MEMBRANE PROTEIN CRYSTALLIZATION home > research > membrane protein crystallization

Fig.1-2One of the goals for the Membrane Protein Structural Biology Consortium (MPSBC) is to develop crystallization screens specifically tailored to transmembrane proteins (TMPs).  This class of proteins presents a greater challenge, since they require an initial detergent solubilization step to remove the protein from the lipid bilayer of a membrane and form a stable, homogeneous, protein-detergent complex (PDC). [1] Subsequent crystallization of the PDC requires the manipulation of its dual surface properties in the presence of various precipitants.

Since membrane proteins have been observed to form crystals close to the phase boundaries of the detergent used in the crystallization experiment, knowledge of these boundaries under different precipitant conditions can serve as the foundation for the design of optimal crystallization screens for membrane proteins [2]. 

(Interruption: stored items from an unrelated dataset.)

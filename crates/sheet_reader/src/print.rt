//! The normal layout of a sheet.
ghost use Rattle.std.specs.Prelude.{◌≡◌, ◌∷◌, ◌++◌, map, decimal, IfOk, OnOk};
ghost use Rattle.std.specs.List.{flat_map};
ghost use Rattle.outline_theory.specs.Layout.{line_text, part_text, mark_words, pattern_text, decl_words, layout};
ghost use Rattle.sheet_reader.specs.Printing.{spaced, ended, tail_text};

use crate::printer::Printer;
use crate::sheet::Sheet;
use crate::token_text::push_escaped;
use itoa::Buffer;
use lr_base::NoMemory;
use pattern_data::Pattern;
use sheet_data::{Decl, Part};
use std::alloc::Global;

/// Adds a word and a space.
pub fn push_word(text: &mut Vec<u8>, word: &[u8]) -> Result<(), NoMemory>
    ensures { OnOk result (text.new.items ≡ text.old.items ++ spaced word.now) }
{
    text.extend_from_slice(word)?;
    text.push(b' ')?;
    Ok(())
}

/// Adds the last word of a line.
pub fn push_last(text: &mut Vec<u8>, word: &[u8]) -> Result<(), NoMemory>
    ensures { OnOk result (text.new.items ≡ text.old.items ++ ended word.now) }
{
    text.extend_from_slice(word)?;
    text.push(b'\n')?;
    Ok(())
}

/// Adds a pattern between slashes, which ends a line.
fn push_pattern(text: &mut Vec<u8>, alloc: Global, pattern: &Pattern) -> Result<(), NoMemory>
    ensures { OnOk result (text.new.items ≡ text.old.items ++ ended (pattern_text pattern.now)) }
{
    let spelling = pattern.print(alloc)?;
    text.push(b'/')?;
    text.extend_from_slice(&spelling)?;
    text.push(b'/')?;
    text.push(b'\n')?;
    Ok(())
}

/// Adds a declaration's line.
fn push_decl(text: &mut Vec<u8>, alloc: Global, decl: &Decl) -> Result<(), NoMemory>
    ensures { OnOk result (text.new.items ≡ text.old.items ++ line_text (decl_words decl.now)) }
{
    match decl {
        Decl::Literal { name, bytes } => {
            push_word(text, b"%token")?;
            push_word(text, name.as_slice())?;
            push_escaped(text, b'\'', bytes.as_slice())?;
            text.push(b'\n')?;
            Ok(())
        }
        Decl::Matched { name, pattern } => {
            push_word(text, b"%token")?;
            push_word(text, name.as_slice())?;
            push_pattern(text, alloc, pattern)
        }
        Decl::Skip { pattern } => {
            push_word(text, b"%skip")?;
            push_pattern(text, alloc, pattern)
        }
    }
}

/// Adds the declarations' lines.
fn push_decls(text: &mut Vec<u8>, alloc: Global, decls: &[Decl]) -> Result<(), NoMemory>
    ensures { OnOk result (text.new.items ≡ text.old.items ++ flat_map line_text (map decl_words decls.now)) }
{
    for decl in decls {
        push_decl(text, alloc, decl)?;
    }
    Ok(())
}

/// Adds a sign and a number.
fn push_place(text: &mut Vec<u8>, sign: u8, place: u32) -> Result<(), NoMemory>
    ensures { OnOk result (text.new.items ≡ text.old.items ++ spaced (sign ∷ decimal place)) }
{
    let mut digits = Buffer::new();
    text.push(sign)?;
    push_word(text, digits.format(place).as_bytes())
}

/// Adds a part of a template.
fn push_part(text: &mut Vec<u8>, part: &Part) -> Result<(), NoMemory>
    ensures { OnOk result (text.new.items ≡ text.old.items ++ spaced (part_text part.now)) }
{
    match part {
        Part::Text(bytes) => {
            push_escaped(text, b'"', bytes.as_slice())?;
            text.push(b' ')?;
            Ok(())
        }
        Part::Fold(place) => push_place(text, b'$', *place),
        Part::Number(place) => push_place(text, b'#', *place),
    }
}

/// Adds the parts of a template.
fn push_parts(text: &mut Vec<u8>, parts: &[Part]) -> Result<(), NoMemory>
    ensures { OnOk result (text.new.items ≡ text.old.items ++ flat_map spaced (map part_text parts.now)) }
{
    for part in parts {
        push_part(text, part)?;
    }
    Ok(())
}

/// Adds a mark.
fn push_mark(text: &mut Vec<u8>, place: u32) -> Result<(), NoMemory>
    ensures { OnOk result (text.new.items ≡ text.old.items ++ flat_map spaced (mark_words place)) }
{
    let mut digits = Buffer::new();
    push_word(text, b"%declares")?;
    push_word(text, digits.format(place).as_bytes())
}

/// Adds the marks of a rule.
fn push_marks(text: &mut Vec<u8>, places: &[u32]) -> Result<(), NoMemory>
    ensures { OnOk result (text.new.items ≡ text.old.items ++ flat_map spaced (flat_map mark_words places.now)) }
{
    for place in places {
        push_mark(text, *place)?;
    }
    Ok(())
}

/// Adds the rest of a rule's line.
pub fn push_tail(text: &mut Vec<u8>, template: &[Part], declares: &[u32]) -> Result<(), NoMemory>
    ensures { OnOk result (text.new.items ≡ text.old.items ++ tail_text template.now declares.now) }
{
    push_parts(text, template)?;
    push_word(text, b"}")?;
    push_marks(text, declares)?;
    push_last(text, b";")
}

/// The normal layout of a sheet: its declarations, its start, and each rule with its template and its marks on a line of
/// its own, with one space between the words. Where it has at most 262,144 bytes, it reads as this sheet.
pub fn print_sheet(alloc: Global, sheet: &Sheet) -> Result<Vec<u8>, NoMemory>
    ensures { IfOk result (λ text. text.items ≡ layout sheet.now) }
{
    let tokens = sheet.token_texts()?;
    let printer = Printer::new(sheet, &tokens);
    let mut text = Vec::new(alloc);
    push_decls(&mut text, alloc, sheet.decls())?;
    printer.push_start(&mut text)?;
    push_last(&mut text, b"%%")?;
    printer.push_rules(&mut text)?;
    Ok(text)
}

Beginning with dye-partitioning experiments that characterized the phase separation boundaries of pure detergents in the presence of various precipitants (Fig. 1), the Malkowski laboratory has generated and refined empirically derived detergent phase data that encompasses 11 detergents, 11 salts, and 10 polyethylene glycols (PEGs). These phase data have been made readily accessible through the creation of an Excel-based applet (SlickSpot) that allows an investigator to formulate crystallization cocktail grid screens containing PEGs and salts, specifically targeting regions near, but not beyond the phase partitioning boundaries of, the 11 detergents tested.

The phase data have also been used to formulate a TMP crystallization screen consisting of 1536 cocktails and to make it compatible with the liquid-handling robots and standard operating procedures used in the High-Throughput Crystallization Screening Laboratory at the Hauptman-Woodward Institute [3].

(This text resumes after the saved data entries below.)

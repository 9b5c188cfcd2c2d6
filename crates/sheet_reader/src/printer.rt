//! What prints the rules of a sheet.
ghost use Rattle.std.specs.Prelude.{◌≡◌, [], slice_get, unwrap_or};
ghost use Rattle.sheet_theory.specs.Names.{token_names};

use crate::print::{push_last, push_tail, push_word};
use crate::sheet::Sheet;
use lr_base::{NoMemory, Rule, RuleId, Sym};
use sheet_data::{Bytes, Part};

/// A sheet, and the printed names of its tokens.
#[derive(Clone, Copy, Debug)]
pub struct Printer<'a> {
    sheet: &'a Sheet,
    tokens: &'a [Bytes],
    ghost named: { tokens.now ≡ token_names sheet.now },
}

impl<'a> Printer<'a> {
    ghost use Rattle.std.specs.Prelude.{◌<◌, ◌++◌, List, ℕ, length, map, codes, Some, OnOk};
    ghost use Rattle.std.specs.List.{flat_map};
    ghost use Rattle.grammar_data.specs.declared.rule.Sym.TheVariants.{Name};
    ghost use Rattle.outline_theory.specs.Layout.{line_text, symbol_text, rule_lines};
    ghost use Rattle.sheet_reader.specs.Printing.{spaced, ended, head_text, rule_text};

    pub fn new(sheet: &'a Sheet, tokens: &'a [Bytes]) -> Printer<'a>
        requires { tokens.now ≡ token_names sheet.now }
        ensures { result.sheet.now ≡ sheet.now }
    {
        Printer { sheet, tokens }
    }

    /// The printed name of a symbol.
    fn symbol_word(&self, symbol: Sym) -> &[u8]
        ensures { result.now ≡ symbol_text self.now.sheet.now symbol }
    {
        match symbol {
            Sym::Token(token) => word_at(self.tokens, token.0 as usize),
            Sym::Name(name) => word_at(self.sheet.names(), name.0 as usize),
        }
    }

    /// Adds the printed name of a symbol and a space.
    fn push_symbol(&self, text: &mut Vec<u8>, symbol: Sym) -> Result<(), NoMemory>
        ensures { OnOk result (text.new.items ≡ text.old.items ++ spaced (symbol_text self.now.sheet.now symbol)) }
    {
        push_word(text, self.symbol_word(symbol))
    }

    /// Adds the symbols of a right side.
    fn push_symbols(&self, text: &mut Vec<u8>, symbols: &[Sym]) -> Result<(), NoMemory>
        ensures { OnOk result (text.new.items ≡ text.old.items ++ flat_map spaced (map (symbol_text self.now.sheet.now) symbols.now)) }
    {
        for symbol in symbols {
            self.push_symbol(text, *symbol)?;
        }
        Ok(())
    }

    /// Adds the beginning of a rule's line, up to its template.
    fn push_head(&self, text: &mut Vec<u8>, rule: &Rule) -> Result<(), NoMemory>
        ensures { OnOk result (text.new.items ≡ text.old.items ++ head_text self.now.sheet.now rule.now) }
    {
        self.push_symbol(text, Sym::Name(rule.left))?;
        push_word(text, b":")?;
        self.push_symbols(text, &rule.right)?;
        push_word(text, b"{")
    }

    /// Adds a rule's line.
    fn push_rule(
        &self,
        text: &mut Vec<u8>,
        rule: &Rule,
        template: &[Part],
        declares: &[u32],
    ) -> Result<(), NoMemory>
        ensures { OnOk result (text.new.items ≡ text.old.items ++ rule_text self.now.sheet.now rule.now template.now declares.now) }
    {
        self.push_head(text, rule)?;
        push_tail(text, template, declares)
    }

    /// Adds the line of the rule of this number.
    fn push_rule_of(&self, text: &mut Vec<u8>, number: u32) -> Result<(), NoMemory>
        requires { number < length self.now.sheet.now.grammar.rules }
        ensures { OnOk result ((words : List (List ℕ)) → slice_get (rule_lines self.now.sheet.now self.now.sheet.now.grammar.rules self.now.sheet.now.templates self.now.sheet.now.declares) number ≡ Some words → text.new.items ≡ text.old.items ++ line_text words) }
    {
        let sheet = self.sheet;
        let rule = &sheet.grammar().rules()[number as usize];
        let template = sheet.template(RuleId(number));
        let declares = sheet.declares(RuleId(number));
        self.push_rule(text, rule, template, declares)
    }

    /// Adds the rules' lines.
    pub fn push_rules(&self, text: &mut Vec<u8>) -> Result<(), NoMemory>
        ensures { OnOk result (text.new.items ≡ text.old.items ++ flat_map line_text (rule_lines self.now.sheet.now self.now.sheet.now.grammar.rules self.now.sheet.now.templates self.now.sheet.now.declares)) }
    {
        for number in 0..self.sheet.rule_count() {
            self.push_rule_of(text, number)?;
        }
        Ok(())
    }

    /// Adds the line of the start.
    pub fn push_start(&self, text: &mut Vec<u8>) -> Result<(), NoMemory>
        ensures { OnOk result (text.new.items ≡ (text.old.items ++ spaced (codes "%start")) ++ ended (symbol_text self.now.sheet.now (Name self.now.sheet.now.grammar.start))) }
    {
        push_word(text, b"%start")?;
        push_last(
            text,
            self.symbol_word(Sym::Name(self.sheet.grammar().start())),
        )
    }
}

/// The word at a place; nothing behind the last one.
fn word_at(words: &[Bytes], place: usize) -> &[u8]
    ensures { result.now ≡ unwrap_or (slice_get words.now place) [] }
{
    match words.get(place) {
        Some(word) => word.as_slice(),
        None => &[],
    }
}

Beta testing of the 1536-experiment TMP screen was initiated with the acceptance of the first TMP samples in August 2008. As of March 2011, there have been more than 300 samples for about 175 unique macromolecules submitted to the TMP screen by the structural biology and structural genomics communities. The MPSBC staff modifies the cocktail list periodically in an attempt to increase the frequency of successful outcomes.


1. Loll PJ. Membrane protein structural biology: the high throughput challenge. J Struct Biol. 2003      Apr;142(1):144-53.

2. Wiener, M.C. & Snook, C.F. (2001). J. Cryst. Growth 232, 426-431.

3. Koszelak-Rosenblum M, Krol A, Mozumdar N, Wunsch K, Ferin A, Cook E, Veatch CK, Nagel R, Luft JR, Detitta GT,     Malkowski MG. Determination and application of empirically derived detergent phase boundaries to    effectively crystallize membrane proteins. Protein Sci. 2009 Sep;18(9):1828-39.